**PROBLEM REQUIREMENTS:**
Every line with the word "makes" in it should be extracted from the data that follows.

**TASK MATERIAL:**
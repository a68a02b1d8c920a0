//! The list of a text, as a worker makes it.
ghost use Rattle.std.specs.Prelude.{IfOk};

use py_base::{Diag, List, NoMemory, Text};
use serial_server::Worker;
use session_core::{Outcome, Work};
use std::alloc::Global;

/// The list of a text. `NoMemory` where it could not be stored.
pub fn list_of<A: Worker>(alloc: Global, worker: &mut A, text: &str) -> Result<List<Diag>, NoMemory>
    ensures { IfOk result (A.has_list text.now) }
{
    let text = Text::from_str(alloc, text)?;
    let mut doc = worker.open(&text)?;
    match worker.work(&mut doc, &Work::Check(0))? {
        Outcome::Listed(list) => Ok(list),
        Outcome::Hovered(_) | Outcome::Cancelled | Outcome::NoMemory => unreachable!(),
    }
}
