//! The commands that look at one text: `check` writes the list of the text that the input is, `sample`
//! a summary of a module that it makes.
//!
//! In one sentence: with status 0 or 1 `check_once` has written the lines of the list of the bytes that it took
//! (`specs/CheckText.antt`, `specs/Checked.antt`), and with status 0 `sample` the summary of its module
//! (`specs/Sample.antt`, `specs/Sampled.antt`). Who makes a list is a `Worker`, as in a session.
//! Below stand `serial_server` (workers, statuses), `session_core` (what a worker is asked), `edge_io`
//! (bytes in and out) and `py_base`.
#![tactic(auto)]

mod check_text;
mod checking;
mod listing;
mod numbered;
mod output;
mod sample_module;
mod sampling;
mod summary;
mod whole;

pub use checking::check_once;
pub use sampling::sample;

**WORKED SOLUTION:**
//! The list of a text, as a worker makes it.
//! a summary of a module that it makes.
//! (`specs/Sample.antt`, `specs/Sampled.antt`). Who makes a list is a `Worker`, as in a session.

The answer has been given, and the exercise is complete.